Segment Start: Exercise input

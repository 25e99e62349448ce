//! A checker to which lines are fed.

ghost use Rattle.std.specs.Prelude.{◌≡◌, ◌↔◌, ◌+◌, ◌∷◌, [], Some, true, IsTrue, if◌then◌else◌};
ghost use Rattle.tp_log_check.specs.Sizes.{IsPastSizes, begins_event, events_in};
ghost use Rattle.tp_log_check.specs.TakenLines.{Answers, LogState};

use crate::rejection::Rejection;
use crate::{Flaw, LogChecker};
use tp_stream::{LineTaker, Refusal};

/// The most bytes of a log.
const MOST_BYTES: u64 = 1_000_000_000_000_000_000;

/// The most lines of events.
const MOST_EVENTS: u64 = 1_000_000;

/// A checker to which the lines of a log are fed. A line that is refused has a text, and one that is taken has none: so lines are
/// fed up to the first text that is to be written.
#[derive(Drop)]
pub(crate) struct Checked {
    pub(crate) checker: LogChecker,
    /// Of the lines that were taken.
    pub(crate) bytes: u64,
    /// Why the last line is refused.
    pub(crate) found: Option<Rejection>,
    /// Whether that is still to be reported.
    pub(crate) telling: bool,
}

fn begins_event(line: &[u8]) -> bool
    ensures { result ≡ begins_event line.now }
{
    match line {
        [first, second, ..] => *first == b'>' && *second == b' ',
        _ => false,
    }
}

/// Whether a log is too long with this line, which has so many bytes with it, and so many lines of events before it.
fn is_past_sizes(bytes: u64, events: u32, line: &[u8]) -> bool
    ensures { IsTrue result ↔ IsPastSizes bytes (events + events_in line.now) }
{
    bytes > MOST_BYTES || u64::from(events) + u64::from(begins_event(line)) > MOST_EVENTS
}

impl Checked {
    fn refuse(&mut self, cause: Rejection)
        ensures { self.new ≡ record self.old { found = Some cause; telling = true } }
    {
        self.found = Some(cause);
        self.telling = true;
    }
}

impl LineTaker for Checked {
    ghost State = { LogState };

    ghost state = { λ s. record { checker = s.checker; bytes = s.bytes; found = s.found } };

    ghost text = { λ s. if s.telling then 33 ∷ [] else [] };

    ghost room = { λ s. 1000000000000000001 };

    ghost answers = { Answers };

    ghost refuses = { λ s line. ⊥ };

    fn take_line(&mut self, line: &[u8]) -> Result<(), Refusal> {
        let bytes = self.bytes.saturating_add(line.len() as u64);
        if is_past_sizes(bytes, self.checker.events(), line) {
            self.refuse(Rejection::Log);
            return Ok(());
        }
        match self.checker.feed(line) {
            Ok(()) => {
                self.bytes = bytes;
                Ok(())
            }
            Err(Flaw::Memory) => Err(Refusal::Memory),
            Err(flaw) => {
                self.refuse(Rejection::Flaw(flaw));
                Ok(())
            }
        }
    }

    fn text(&self) -> &[u8] {
        if self.telling { b"!" } else { b"" }
    }

    fn clear_text(&mut self) {
        self.telling = false;
    }
}
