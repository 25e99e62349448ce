//! Whether two records are the same.

ghost use Rattle.std.specs.Prelude.{◌≡◌, ◌↔◌, IsTrue};
ghost use Rattle.tp_schedule.specs.declared.records.Record.TheVariants.{Plan, Move, Never, Budget, FullUp, Release, Done, Lost, Recall, Withdraw, Cut, Purge, Again, Stuck, Broken, Drop as IsDropped, Refused};

use tp_base::{Name, Tick};
use tp_schedule::{Cause, Record, SheetName};

fn are_same_names(one: &[Name], other: &[Name]) -> bool
    ensures { IsTrue result ↔ (one.now ≡ other.now) }
{
    one == other
}

fn is_plan(other: &Record, sheet: SheetName, place: Name, points: &[Tick], acts: &[Name]) -> bool
    ensures { IsTrue result ↔ (Plan sheet place points.now acts.now ≡ other.now) }
{
    match other {
        Record::Plan {
            sheet: s,
            place: l,
            points: p,
            acts: a,
        } => {
            let same_end = *s == sheet && *l == place;
            let same_way = points == p.as_slice() && are_same_names(acts, a.as_slice());
            same_end && same_way
        }
        _ => false,
    }
}

fn is_move(other: &Record, sheet: SheetName, points: &[Tick]) -> bool
    ensures { IsTrue result ↔ (Move sheet points.now ≡ other.now) }
{
    match other {
        Record::Move {
            sheet: s,
            points: p,
        } => *s == sheet && p.as_slice() == points,
        _ => false,
    }
}

fn is_release(
    other: &Record,
    sheet: SheetName,
    act: u32,
    name: Name,
    start: Tick,
    end: Tick,
) -> bool
    ensures { IsTrue result ↔ (Release sheet act name start end ≡ other.now) }
{
    match other {
        Record::Release {
            sheet: s,
            act: i,
            name: a,
            start: from,
            end: to,
        } => {
            let same_act = *s == sheet && *i == act && *a == name;
            let same_time = *from == start && *to == end;
            same_act && same_time
        }
        _ => false,
    }
}

fn is_never(other: &Record, sheet: SheetName, goal: Option<Name>) -> bool
    ensures { IsTrue result ↔ (Never sheet goal ≡ other.now) }
{
    match other {
        Record::Never { sheet: s, goal: g } => *s == sheet && *g == goal,
        _ => false,
    }
}

fn is_budget(other: &Record, sheet: SheetName, goal: Option<Name>, bound: Tick) -> bool
    ensures { IsTrue result ↔ (Budget sheet goal bound ≡ other.now) }
{
    match other {
        Record::Budget {
            sheet: s,
            goal: g,
            bound: b,
        } => *s == sheet && *g == goal && *b == bound,
        _ => false,
    }
}

fn is_done(other: &Record, sheet: SheetName, place: Name, at: Tick) -> bool
    ensures { IsTrue result ↔ (Done sheet place at ≡ other.now) }
{
    match other {
        Record::Done {
            sheet: s,
            place: l,
            at: t,
        } => *s == sheet && *l == place && *t == at,
        _ => false,
    }
}

fn is_recall(other: &Record, sheet: SheetName, act: u32) -> bool
    ensures { IsTrue result ↔ (Recall sheet act ≡ other.now) }
{
    match other {
        Record::Recall { sheet: s, act: i } => *s == sheet && *i == act,
        _ => false,
    }
}

fn is_stuck(other: &Record, sheet: SheetName, part: Name) -> bool
    ensures { IsTrue result ↔ (Stuck sheet part ≡ other.now) }
{
    match other {
        Record::Stuck {
            sheet: s,
            module: m,
        } => *s == sheet && *m == part,
        _ => false,
    }
}

fn is_full(other: &Record, sheet: SheetName) -> bool
    ensures { IsTrue result ↔ (FullUp sheet ≡ other.now) }
{
    match other {
        Record::FullUp { sheet: s } => *s == sheet,
        _ => false,
    }
}

fn is_lost(other: &Record, sheet: SheetName) -> bool
    ensures { IsTrue result ↔ (Lost sheet ≡ other.now) }
{
    match other {
        Record::Lost { sheet: s } => *s == sheet,
        _ => false,
    }
}

fn is_withdrawn(other: &Record, sheet: SheetName) -> bool
    ensures { IsTrue result ↔ (Withdraw sheet ≡ other.now) }
{
    match other {
        Record::Withdraw { sheet: s } => *s == sheet,
        _ => false,
    }
}

fn is_cut(other: &Record, sheet: SheetName) -> bool
    ensures { IsTrue result ↔ (Cut sheet ≡ other.now) }
{
    match other {
        Record::Cut { sheet: s } => *s == sheet,
        _ => false,
    }
}

fn is_purged(other: &Record, sheet: SheetName) -> bool
    ensures { IsTrue result ↔ (Purge sheet ≡ other.now) }
{
    match other {
        Record::Purge { sheet: s } => *s == sheet,
        _ => false,
    }
}

fn is_again(other: &Record, sheet: SheetName) -> bool
    ensures { IsTrue result ↔ (Again sheet ≡ other.now) }
{
    match other {
        Record::Again { sheet: s } => *s == sheet,
        _ => false,
    }
}

fn is_dropped(other: &Record, sheet: SheetName) -> bool
    ensures { IsTrue result ↔ (IsDropped sheet ≡ other.now) }
{
    match other {
        Record::Drop { sheet: s } => *s == sheet,
        _ => false,
    }
}

fn is_broken(other: &Record, job: Name) -> bool
    ensures { IsTrue result ↔ (Broken job ≡ other.now) }
{
    match other {
        Record::Broken { job: j } => *j == job,
        _ => false,
    }
}

fn is_refused(other: &Record, cause: Cause) -> bool
    ensures { IsTrue result ↔ (Refused cause ≡ other.now) }
{
    match other {
        Record::Refused { cause: c } => *c == cause,
        _ => false,
    }
}

/// Whether both records tell the same.
pub fn same_record(one: &Record, other: &Record) -> bool
    ensures { IsTrue result ↔ (one.now ≡ other.now) }
{
    match one {
        Record::Plan {
            sheet,
            place,
            points,
            acts,
        } => is_plan(other, *sheet, *place, points.as_slice(), acts.as_slice()),
        Record::Move { sheet, points } => is_move(other, *sheet, points.as_slice()),
        Record::Never { sheet, goal } => is_never(other, *sheet, *goal),
        Record::Budget { sheet, goal, bound } => is_budget(other, *sheet, *goal, *bound),
        Record::FullUp { sheet } => is_full(other, *sheet),
        Record::Release {
            sheet,
            act,
            name,
            start,
            end,
        } => is_release(other, *sheet, *act, *name, *start, *end),
        Record::Done { sheet, place, at } => is_done(other, *sheet, *place, *at),
        Record::Lost { sheet } => is_lost(other, *sheet),
        Record::Recall { sheet, act } => is_recall(other, *sheet, *act),
        Record::Withdraw { sheet } => is_withdrawn(other, *sheet),
        Record::Cut { sheet } => is_cut(other, *sheet),
        Record::Purge { sheet } => is_purged(other, *sheet),
        Record::Again { sheet } => is_again(other, *sheet),
        Record::Stuck { sheet, module } => is_stuck(other, *sheet, *module),
        Record::Broken { job } => is_broken(other, *job),
        Record::Drop { sheet } => is_dropped(other, *sheet),
        Record::Refused { cause } => is_refused(other, *cause),
    }
}
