ghost use Rattle.std.specs.Prelude.{◌≡◌, ◌≢◌, ◌+◌, ◌<◌, ◌^◌, ◌++◌, ◌∷◌, [], List, Some, None, Err, false, OnOk, OnErr, IfOk, IfErr, IfSome, IsNone, IsSome, length};
ghost use Rattle.std.specs.Bool.{MatchBool};
ghost use Rattle.std.specs.List.{All};
ghost use Rattle.tp_log_check.specs.Heights.{heights};
ghost use Rattle.tp_log.specs.LogLines.{IsLogLine, is_event, log_line_text};
ghost use Rattle.tp_log.specs.declared.log_line.LogLine.{LogLine};
ghost use Rattle.tp_log.specs.declared.log_line.LogLine.TheVariants.{Event as EventLine};
ghost use Rattle.tp_log_check.specs.Causes.{HasCause, IsBehind, flaw_at};
ghost use Rattle.tp_log_check.specs.FlawLines.{IsOffOr, LiesAt, LiesBehind, LiesInLast};
ghost use Rattle.tp_log_check.specs.declared.flaw.Flaw.{Flaw};
ghost use Rattle.tp_log_check.specs.declared.flaw.Flaw.TheVariants.{Memory as WantsMemory};
ghost use Rattle.tp_script.specs.Printed.{IsEchoed};

use crate::event_check::{look, look_off};
use crate::flaw::Flaw;
use crate::flaw_lines::flaw_of;
use crate::{Counts, Pending};
use std::alloc::Global;
use std::marker::Model;
use tp_base::Memory;
use tp_event_rules::LiveState;
use tp_event_turn::empty_state_can_begin;
use tp_log::{LogLine, read_log_line};
use tp_log_planner::WrongItem;
use tp_machine::Machine;
use tp_script::{Event, LineFault};

/// Looks at a log with bounds line by line. It keeps the live part of the state after the events that were looked at, and the
/// records and trees of the last event so far. What a budget says is taken on trust.
pub struct LogChecker {
    alloc: Global,
    machine: Machine,
    state: LiveState,
    pending: Option<Pending>,
    events: u32,
    lines: u64,
    counts: Counts,
    flaw: Option<Flaw>,
}
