//! Logs checked entry by entry, from a source to the line of counts: each record is the one that is due, and each plan and each none is proved by its tree.
#![tactic(auto)]

mod checked;
mod checker;
mod counts;
mod event_check;
mod first_difference;
mod flaw;
mod flaw_lines;
mod judgement;
mod line_counts;
mod log_source;
mod next_entry;
mod pending;
mod quiet;
mod record_equality;
mod rejection;
mod summary;

pub use checker::LogChecker;
pub use counts::Counts;
pub use flaw::Flaw;
pub use log_source::check_log;
pub use pending::Pending;
pub use record_equality::same_record;
pub use rejection::Rejection;
pub use summary::summary_line;
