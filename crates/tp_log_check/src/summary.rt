//! The line that tells what an accepted log has.

ghost use Rattle.std.specs.Prelude.{◌≡◌, ◌++◌, IfOk, OnOk, decimal};
ghost use Rattle.tp_log_check.specs.Summary.{counts_text};

use crate::Counts;
use std::alloc::Global;
use tp_base::Memory;

/// Writes a number behind a text.
fn put_count(out: &mut Vec<u8>, lead: &str, count: u64) -> Result<(), Memory>
    ensures { OnOk result (out.new.items ≡ out.old.items ++ (lead.now ++ decimal count)) }
{
    out.extend_from_slice(lead.as_bytes())?;
    let digits = format!(in *out.allocator(); "{count}")?;
    out.extend_from_slice(digits.as_bytes())?;
    Ok(())
}

/// The line of what was counted, with its LF.
#[tactic(auto, unfolding(crate::specs::Summary::counts_text))]
pub fn summary_line(alloc: Global, counts: &Counts) -> Result<Vec<u8>, Memory>
    ensures { IfOk result (λ line. line.items ≡ counts_text counts.now) }
{
    let mut line = Vec::new(alloc);
    put_count(&mut line, "accepted ", counts.events)?;
    put_count(&mut line, " events ", counts.plans)?;
    put_count(&mut line, " plans ", counts.nones)?;
    put_count(&mut line, " nones ", counts.budgets)?;
    line.extend_from_slice(b" budgets\n")?;
    Ok(line)
}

Segment End: Exercise input

▶ **What to do**
Scan the records above for lines with the word "Machine". Then report how many there are, as a bare number.

▶ **The answer**
2